I apologize in advance for the descriptions to not be particularly descriptive. It’s been a while, and I’ve forgotten individual tastes and flavors. However, like the patterns of the previous regions, this particular region emphasized on mild flavors and semi-hard cheeses, usually pear shaped (which I will get into in a moment), showing that mild doesn’t have to mean tasteless. Almost all are considered pasta filata cheeses with a spicy aftertaste depending on the cheese’s maturation.


From Abruzzo, we tried Pecorino di Farindola Stagionato. It is a slightly piquant, grassy flavored cheese, with a small peppery aftertaste that is just delightful. 


We next tried Pallone di Gravina, a cheese found in both Apulia and Basilicata. A stretched-curd cheese, it’s hung to mature, resulting in the cheese being either pear-shaped or round.


From Basilicata, although this cheese is found throughout the South, we tasted Caciocavello Silano, a D.O.P. cheese. The spiciness comes from the aging process in the cellars along with Sila’s climate. It is rich cream color throughout, but with sporadic holes.


Caciotto represented Calabria and Compania, although I am curious whether or not there is a longer name to it. I recall this one being the most mild of the cheeses, kind if like a young provolone.


Finally, it took me quite a while to find a cheese from Molise, but it was a hidden gem in the form of Caciocavello di Agnone. Another pear-shaped cheese, its production in Molise is recognized and included in the list of traditional Italian food products (PAT). Its origins are also considered to be quite old, and perhaps the cheese with the oldest history we had tried.
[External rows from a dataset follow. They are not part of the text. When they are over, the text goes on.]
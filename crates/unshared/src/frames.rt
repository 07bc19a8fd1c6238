// The frames of one thread, and beside them what their places hold. After ECMA-335, Partition I.
ghost use Rattle.std.specs.Prelude.{◌≡◌, ◌<◌, List, [], ◌∷◌, ◌++◌, ◌+◌, drop, length, option_map, slice_get, Some, IfOk, IfSome, IfNone, OnOk};
ghost use Rattle.cil_meaning.specs.Frames.{Frame as TheFrame, places_at, innermost, outer, with_innermost, with_held, with_fresh};
ghost use Rattle.cil_meaning.specs.Calls.{first_frame, waiting};
ghost use Rattle.unshared.specs.Forms.{the_value};
ghost use Rattle.unshared.specs.Held.{the_awaited, the_frame, the_frames, the_places, the_stack, awaited_of, frames_around, places_of, stack_of};
ghost use Rattle.unshared.specs.Going.{did, the_thrown, went, stack_with, goes_on, goes_at, pushed, Keeps};
ghost use Rattle.unshared.specs.Operands.{value_at};
ghost use Rattle.unshared.specs.Kept.{held_with, fresh_with};
ghost use Rattle.unshared.specs.Moved.{SameBut};
ghost use Rattle.unshared.specs.Searched.{handled, left_places};
ghost use Rattle.unshared.specs.Silent.{Gives, there};

use crate::fault::Fault;
use crate::pause::{Halt, Pause};
use crate::value::Value;
use il_model::MethodTree;
use mn_outside::NoMemory;
use std::alloc::Global;
use std::mem;

/// What a return to a frame puts on its stack.
#[derive(Clone, Copy)]
pub(crate) enum Awaited {
    /// No call is under way.
    Nothing,
    /// The callee's result, if it has one.
    Result,
    /// The object whose constructor was called, by its number.
    Object(u32),
    /// The struct that was built.
    Built,
}

/// A frame: its instantiated method, the number of its instruction, which stays at a call until the call returns, and its
/// stack, the top last.
#[derive(Drop)]
pub(crate) struct Frame {
    pub method: MethodTree,
    pub at: u32,
    pub stack: Vec<Value>,
    pub awaits: Awaited,
}

/// What stands in the places of a frame: its arguments, then its locals; and the words of the struct that is being built.
#[derive(Drop)]
pub(crate) struct Places {
    pub held: Vec<Value>,
    pub fresh: Vec<u64>,
}

impl Places {
    /// What a place holds.
    pub(crate) fn value(&self, place: usize) -> Result<&Value, Pause>
        ensures { Gives (λ value. the_value value.now) (there (slice_get (the_places self.now).held place)) result }
    {
        match self.held.as_slice().get(place) {
            Some(value) => Ok(value),
            None => Err(Pause::Halts(Halt::Stuck)),
        }
    }

    // Puts a value into a place, if there is one.
    #[tactic(auto, using(crate::proofs::FrameLemmas::set_held))]
    fn put(&mut self, place: usize, value: Value)
        ensures { the_places self.new ≡ with_held (the_places self.old) place (the_value value) }
    {
        if place < self.held.len() {
            self.held[place] = value;
        }
    }
}

/// The innermost frame with its places, and those around it, the first one at level 0.
#[derive(Drop)]
pub(crate) struct Frames {
    pub top: Frame,
    pub here: Places,
    pub around: Vec<Frame>,
    pub outer: Vec<Places>,
}

/// An exception under way: its object, and the number of its exact type.
#[derive(Clone, Copy)]
pub(crate) struct Thrown {
    pub object: u32,
    pub kind: u32,
}

/// What an instruction came to: it went on in the frames, throws a new exception, or throws an object.
#[derive(Clone, Copy)]
pub(crate) enum Done {
    Goes,
    Throws(Fault),
    Raises(Thrown),
}

/// The first frame of a method.
pub(crate) fn first_frame(alloc: Global, method: MethodTree) -> Frame
    ensures { the_frame result ≡ first_frame method }
{
    Frame {
        method,
        at: 0,
        stack: Vec::new(alloc),
        awaits: Awaited::Nothing,
    }
}

// Takes so many values from a stack.
#[tactic(auto, using(crate::proofs::StackLemmas::shortened))]
fn shorten(stack: &mut Vec<Value>, taken: usize)
    ensures { the_stack stack.new.items ≡ drop taken (the_stack stack.old.items) }
{
    let left = stack.len().saturating_sub(taken);
    stack.truncate(left);
}

// Puts a value, if there is one, on a stack.
#[tactic(auto, using(crate::proofs::StackLemmas::pushed_on))]
fn put_on(stack: &mut Vec<Value>, put: Option<Value>) -> Result<(), NoMemory>
    ensures { OnOk result (the_stack stack.new.items ≡ pushed put ++ the_stack stack.old.items) }
{
    match put {
        Some(value) => match stack.push(value) {
            Ok(()) => Ok(()),
            Err(_) => Err(NoMemory),
        },
        None => Ok(()),
    }
}

impl Frames {
    /// One frame alone.
    pub(crate) fn alone(alloc: Global, top: Frame, here: Places) -> Frames
        ensures { the_frames result ≡ record { frames = the_frame top ∷ []; places = the_places here ∷ [] } }
    {
        Frames {
            top,
            here,
            around: Vec::new(alloc),
            outer: Vec::new(alloc),
        }
    }

    /// The value so far below the top of the stack.
    pub(crate) fn value(&self, below: usize) -> Result<&Value, Pause>
        ensures { Gives (λ value. the_value value.now) (value_at self.now below) result }
    {
        let stack = self.top.stack.as_slice();
        if below < stack.len() {
            Ok(&stack[stack.len() - 1 - below])
        } else {
            Err(Pause::Halts(Halt::Stuck))
        }
    }

    /// The level of the innermost frame.
    pub(crate) fn level(&self) -> Result<u32, NoMemory>
        ensures { IfOk result (λ level. level ≡ length self.now.around.items) }
    {
        match u32::try_from(self.around.len()) {
            Ok(level) => Ok(level),
            Err(_) => Err(NoMemory),
        }
    }

    /// Goes on at an instruction, with so many values taken from the stack and then this one put on it.
    pub(crate) fn goes_to(
        &mut self,
        at: u32,
        taken: usize,
        put: Option<Value>,
    ) -> Result<(), NoMemory>
        ensures { OnOk result (the_frames self.new ≡ went self.old at (stack_with self.old taken (pushed put))) }
    {
        shorten(&mut self.top.stack, taken);
        put_on(&mut self.top.stack, put)?;
        self.top.at = at;
        self.top.awaits = Awaited::Nothing;
        Ok(())
    }

    /// Goes on at the next instruction.
    pub(crate) fn goes(&mut self, taken: usize, put: Option<Value>) -> Result<(), NoMemory>
        ensures { OnOk result (the_frames self.new ≡ went self.old (self.old.top.at + 1) (stack_with self.old taken (pushed put))) }
    {
        match self.top.at.checked_add(1) {
            Some(next) => self.goes_to(next, taken, put),
            None => Err(NoMemory),
        }
    }

    /// Goes on at the next instruction, with a value in place of so many.
    pub(crate) fn pushes(&mut self, taken: usize, value: Value) -> Result<Done, Pause>
        ensures acts { Gives (did self.new) (Ok (goes_on self.old taken (the_value value ∷ []))) result }
        ensures kept { Keeps result self.old self.new }
    {
        self.goes(taken, Some(value))?;
        Ok(Done::Goes)
    }

    /// Goes on at the next instruction, with so many values taken.
    pub(crate) fn drops(&mut self, taken: usize) -> Result<Done, Pause>
        ensures acts { Gives (did self.new) (Ok (goes_on self.old taken [])) result }
        ensures kept { Keeps result self.old self.new }
    {
        self.goes(taken, None)?;
        Ok(Done::Goes)
    }

    /// Goes on at an instruction, with so many values taken.
    pub(crate) fn jumps(&mut self, at: u32, taken: usize) -> Result<Done, Pause>
        ensures acts { Gives (did self.new) (Ok (goes_at self.old at taken)) result }
        ensures kept { Keeps result self.old self.new }
    {
        self.goes_to(at, taken, None)?;
        Ok(Done::Goes)
    }

    /// The frame around so many others.
    #[tactic(auto, using(crate::proofs::FrameLemmas::frame_around))]
    pub(crate) fn frame_past(&self, passed: usize) -> Option<&Frame>
        ensures some { IfSome result (λ frame. slice_get (the_frames self.now).frames passed ≡ Some (the_frame frame.now)) }
        ensures none { IfNone result (length self.now.around.items < passed) }
    {
        if passed == 0 {
            return Some(&self.top);
        }
        let around = self.around.as_slice();
        if passed <= around.len() {
            Some(&around[around.len() - passed])
        } else {
            None
        }
    }

    /// What the places of the frame at a level hold.
    #[tactic(auto, using(crate::proofs::FrameLemmas::at_top, crate::proofs::FrameLemmas::at_outer))]
    pub(crate) fn places_at(&self, level: u32) -> Result<&Places, Pause>
        ensures { Gives (λ places. the_places places.now) (there (places_at (places_of self.now) level)) result }
    {
        if level as usize == self.outer.len() {
            return Ok(&self.here);
        }
        match self.outer.as_slice().get(level as usize) {
            Some(places) => Ok(places),
            None => Err(Pause::Halts(Halt::Stuck)),
        }
    }

    /// Puts a value into a place of the frame at a level, which has the place.
    #[tactic(auto, using(crate::proofs::FrameLemmas::at_top, crate::proofs::FrameLemmas::at_outer, crate::proofs::FrameLemmas::with_top, crate::proofs::FrameLemmas::with_outer))]
    pub(crate) fn put_held(&mut self, level: u32, place: u32, value: Value)
        ensures places { places_of self.new ≡ held_with (places_of self.old) level place (the_value value) }
        ensures rest { SameBut self.old self.new }
    {
        if level as usize == self.outer.len() {
            self.here.put(place as usize, value);
        } else if (level as usize) < self.outer.len() {
            self.outer[level as usize].put(place as usize, value);
        }
    }

    /// Puts the words of the struct that the frame at a level builds.
    #[tactic(auto, using(crate::proofs::FrameLemmas::at_top, crate::proofs::FrameLemmas::at_outer, crate::proofs::FrameLemmas::with_top, crate::proofs::FrameLemmas::with_outer))]
    pub(crate) fn put_fresh(&mut self, level: u32, words: Vec<u64>)
        ensures places { places_of self.new ≡ fresh_with (places_of self.old) level words.items }
        ensures rest { SameBut self.old self.new }
    {
        if level as usize == self.outer.len() {
            self.here.fresh = words;
        } else if (level as usize) < self.outer.len() {
            self.outer[level as usize].fresh = words;
        }
    }

    /// Puts a value into a place of the innermost frame.
    pub(crate) fn hold(&mut self, place: usize, value: Value)
        ensures places { places_of self.new ≡ with_innermost (places_of self.old) (with_held (innermost (places_of self.old)) place (the_value value)) }
        ensures rest { SameBut self.old self.new }
    {
        self.here.put(place, value);
    }

    /// The innermost frame waits at its call, with so many values taken, and the words of a struct that is built.
    pub(crate) fn waits(&mut self, taken: usize, awaits: Awaited, fresh: Vec<u64>)
        ensures top { the_frame self.new.top ≡ waiting (the_frame self.old.top) (drop taken (stack_of self.old)) (the_awaited awaits) }
        ensures here { the_places self.new.here ≡ with_fresh (the_places self.old.here) fresh.items }
        ensures around { self.new.around ≡ self.old.around }
        ensures outer { self.new.outer ≡ self.old.outer }
    {
        shorten(&mut self.top.stack, taken);
        self.top.awaits = awaits;
        self.here.fresh = fresh;
    }

    /// Puts a frame inside the innermost one.
    #[tactic(auto, using(crate::proofs::StackLemmas::pushed_on))]
    pub(crate) fn enter(&mut self, frame: Frame, places: Places) -> Result<(), NoMemory>
        ensures { OnOk result (the_frames self.new ≡ record { frames = the_frame frame ∷ the_frame self.old.top ∷ frames_around self.old; places = the_places places ∷ places_of self.old }) }
    {
        let waiting = mem::replace(&mut self.top, frame);
        let outer = mem::replace(&mut self.here, places);
        match self.around.push(waiting) {
            Ok(()) => {}
            Err(_) => return Err(NoMemory),
        }
        match self.outer.push(outer) {
            Ok(()) => Ok(()),
            Err(_) => Err(NoMemory),
        }
    }

    /// What the frame around the innermost one waits for.
    pub(crate) fn awaited(&self) -> Option<Awaited>
        ensures { option_map the_awaited result ≡ awaited_of (frames_around self.now) }
    {
        let around = self.around.as_slice();
        if around.is_empty() {
            None
        } else {
            Some(around[around.len() - 1].awaits)
        }
    }

    /// Leaves the innermost frame for the one around it, if there is one.
    #[tactic(auto, using(crate::proofs::StackLemmas::pushed_on))]
    pub(crate) fn leave(&mut self) -> Result<(), NoMemory>
        ensures around { OnOk result (frames_around self.old ≡ the_frame self.new.top ∷ frames_around self.new) }
        ensures places { OnOk result (outer (places_of self.old) ≡ places_of self.new) }
    {
        let Some(frame) = self.around.pop() else {
            return Err(NoMemory);
        };
        let Some(places) = self.outer.pop() else {
            return Err(NoMemory);
        };
        self.top = frame;
        self.here = places;
        Ok(())
    }

    // The innermost frame goes on at a handler with an exception alone on its stack, and builds no struct.
    fn catches(&mut self, handler: u32, thrown: Thrown) -> Result<(), NoMemory>
        ensures { OnOk result (the_frames self.new ≡ handled (the_thrown thrown) (the_frame self.old.top) (frames_around self.old) (places_of self.old) handler) }
    {
        self.top.stack.clear();
        let object = Value::reference(u64::from(thrown.object));
        match self.top.stack.push(object) {
            Ok(()) => {}
            Err(_) => return Err(NoMemory),
        }
        self.top.at = handler;
        self.top.awaits = Awaited::Nothing;
        self.here.fresh.clear();
        Ok(())
    }

    /// Leaves so many frames, and the one around them goes on at a handler with the exception.
    pub(crate) fn handles(
        &mut self,
        passed: usize,
        handler: u32,
        thrown: Thrown,
    ) -> Result<(), NoMemory>
        ensures { (f : TheFrame) (fs : List TheFrame) → drop passed (the_frames self.old).frames ≡ f ∷ fs →
            OnOk result (the_frames self.new ≡ handled (the_thrown thrown) f fs (left_places passed (places_of self.old)) handler) }
    {
        for level in 0..passed {
            self.leave()?;
        }
        self.catches(handler, thrown)
    }
}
This concludes my five-part Italian Cheese Plate Project! Despite trying over twenty different cheeses, this doesn’t even begin to scratch the surface of the many cheeses Italy has brought to the world. There is still a cheese from Sardegna that my Sardinian friend at the office wants me to try, and if any of you can recommend other cheeses from the regions, please let me know! 

I also have another project I want to look into: French butter. I finished a book on Julia Child's exploits in France (also in Germany and Norway) where she raved over how each region had its own butter, consisting of different flavors, textures, and uses.

Luckily, I don’t think CK will mind.